Preview at Baselworld in March suggests market intro in summer/autumn.


----------



## tsteph12

I really am looking forward to the release of this watch.


----------



## StufflerMike

Mühle press release as of March 17

Nautical Correctness: the 29er Zeigerdatum

Sail the seas every day with this new time measuring instrument! The family company Mühle-Glashütte from the German Land of Saxony is proud to present its new 29er Zeigerdatum (hand date), a sporty timepiece for everyone who wants to set a steady course without running aground. The analogue Zeigerdatum brings an element of watchmaking nostalgia to its wearers' day-to-day lives and enables them to navigate their way through the seas of time in a relaxed yet highly precise manner.









Mühle-Glashütte's collection of 29er models, which was named after a class of sailing dinghies, is celebrating its tenth anniversary this year. The small 29er skiff boasts the reputation of being particularly quick, sporty and dynamic and is therefore the ideal namesake for this new time measuring instrument. The moment you first look at the 29er Zeigerdatum, you won't fail to notice its maritime heritage due to the rich navy blue colour of its robust NATO strap. The clear design of the watch face also provides a breath of fresh sea air, with its lighter shades standing out against the dark strap. The ice-grey colour of the face sets the stage for the watch's intricately applied silver indices, each of which features a luminous coating that will help you to master the waves on even the darkest of nights.

The face is framed by the Zeigerdatum's light blue weekday display on the flange. This type of date display features a date hand that makes one revolution around its axis every 31 days and provides an analogue display of the current day, which is framed by a classic dark blue crescent on the tip of the hand. In contrast with the watch's waves of blue colour, its red second-hand clearly stands out against the face and emphasises the timepiece's sporty design. Although dynamic sailing is important on the high seas, maximum precision and complete reliability play an even more essential role when it comes to setting a secure course. Mühle-Glashütte's patented woodpecker neck regulation in the Mühle version of the SW 221-1 automatic movement helps to ensure precise navigation in even the stormiest of weather.
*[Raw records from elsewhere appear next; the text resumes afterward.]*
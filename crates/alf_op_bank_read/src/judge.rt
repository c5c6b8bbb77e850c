// Judging a bank file, field by field.
ghost use Rattle.std.specs.Prelude.{◌≡◌, true, false, ◌+◌, ◌≤◌, ◌<◌, ◌^◌, length, get_or, IfOk};
ghost use Rattle.alf_spec.specs.Answers.{number_of};
ghost use Rattle.alf_bank.specs.Reading.{is_depth, in_place, field_fault};
ghost use Rattle.alf_op_bank_read.specs.Fields.{Reaches};

use crate::fields::{clips_valid, id_of, id_valid, is_listed, is_whole, order_of, zero_field};
use alf_spec::Fault;
use alf_validate_layout::picture::depth_valid;
use alf_validate_layout::require::require;

// Whether the tag of a field is 1, which is that of the bit depth.
#[tactic(auto, unfolding(alf_bank::specs::Reading::is_depth))]
fn is_depth(field: &[u8]) -> bool
    requires { 3 ≤ length field.now }
    ensures { result ≡ is_depth field.now }
{
    field[0] == 1
}

// The bit depth that a first field says, or its lowest fault. The field is not empty. No clip is judged before the bit depth is known.
#[tactic(auto, unfolding(alf_bank::specs::Reading::field_fault, alf_bank::specs::Reading::proper, alf_bank::specs::Reading::in_place, alf_spec::specs::Faults::unless), using(crate::proofs::FieldTests::reaches))]
pub fn first_depth(field: &[u8]) -> Result<u8, Fault>
    ensures fault { number_of result ≡ field_fault true 0 0 field.now }
    ensures depth { IfOk result (λ d. (d ≡ get_or field.now 3 0) × (d ≤ 12) × (4 ≤ length field.now)) }
{
    require(is_whole(field), Fault::FieldCutShort)?;
    require(is_listed(field), Fault::FieldUnlisted)?;
    if is_depth(field) {
        let depth = field[3];
        require(depth_valid(depth), Fault::BitDepth)?;
        return Ok(depth);
    }
    require(id_valid(id_of(field)), Fault::FieldUnlisted)?;
    Err(Fault::FieldOutOfPlace)
}

// Whether a filter's field is in place: from place `from` of file order on, and not all zero.
#[tactic(auto, unfolding(alf_bank::specs::Reading::in_place), using(crate::proofs::FieldTests::has_leads))]
fn in_place(field: &[u8], from: usize) -> bool
    requires { Reaches field.now × (is_depth field.now ≡ false) }
    ensures { result ≡ in_place false from field.now }
{
    (from <= order_of(id_of(field))) & !zero_field(field)
}

// The lowest fault of a field after the first. Clips go up to the limit; filters come from place `from` of file order on.
#[tactic(auto, unfolding(alf_bank::specs::Reading::field_fault, alf_bank::specs::Reading::proper, alf_bank::specs::Reading::in_place, alf_spec::specs::Faults::unless), using(crate::proofs::FieldTests::reaches))]
pub fn filter_fault(field: &[u8], limit: usize, from: usize) -> Result<(), Fault>
    ensures { number_of result ≡ field_fault false limit from field.now }
{
    require(is_whole(field), Fault::FieldCutShort)?;
    require(is_listed(field), Fault::FieldUnlisted)?;
    if is_depth(field) {
        require(depth_valid(field[3]), Fault::BitDepth)?;
        return Err(Fault::FieldOutOfPlace);
    }
    require(clips_valid(field, limit), Fault::Filter)?;
    require(id_valid(id_of(field)), Fault::FieldUnlisted)?;
    require(in_place(field, from), Fault::FieldOutOfPlace)
}

// The largest clip that a bit depth allows.
pub fn clip_limit(depth: u8) -> usize
    requires { depth ≤ 12 }
    ensures { result ≡ 2 ^ depth }
{
    1usize << depth
}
Whether battling the wind and rain in casual clothes on a sailing trip or tackling a hard day at the office in a smart black suit, the new 29er Zeigerdatum from Mühle-Glashütte not only provides its wearers with an invigorating breath of fresh marine air, but also acts a sporty fashion statement. This new watch yet again emphasises the main values behind Mühle-Glashütte: Form and function are coming together in an honest and straightforward design to provide an impeccable time measuring instrument that is the ideal companion for both sea dogs and landlubbers.

Specs

Movement: Automatic SW 221-1, Mühle version with patented woodpecker neck regulation, its own rotor and characteristic surface finishes. Stop-second. Hand date with fast correction. 38-hour power reserve.

Case: Brushed/polished stainless steel. Anti-glare sapphire crystal. Display case back. Ø 42.4 mm; H 12.2 mm. Water-resistant to 10 bars.

Bracelet/strap: Stainless steel strap with a stainless steel butterfly clasp or textile strap with a stainless steel pin buckle.






​
Dial: White/blue. Applied indices. Hour markers and hands coated with Super LumiNova.


----------



## cadeallaw

Stunner, love the look. the Baselworld release I'm most likely to pursue


----------



## tsteph12

Any hands-on photos as of yet from Basel? Thank you.


----------



## vintage76

Really cool, in nautical spirit. Maybe i should prefer the pointer date with an arrow ?


----------



## cadeallaw

Price is reasonable too:
£1,250, or around $1,800. You can preorder this at Jurawatches


----------



## bgator

I really like this watch, especially on the strap. For a nautical themed watch though, I'm a bit disappointed that it's not rated to 15 or 20 atm. Anyone else share this thought about the depth rating?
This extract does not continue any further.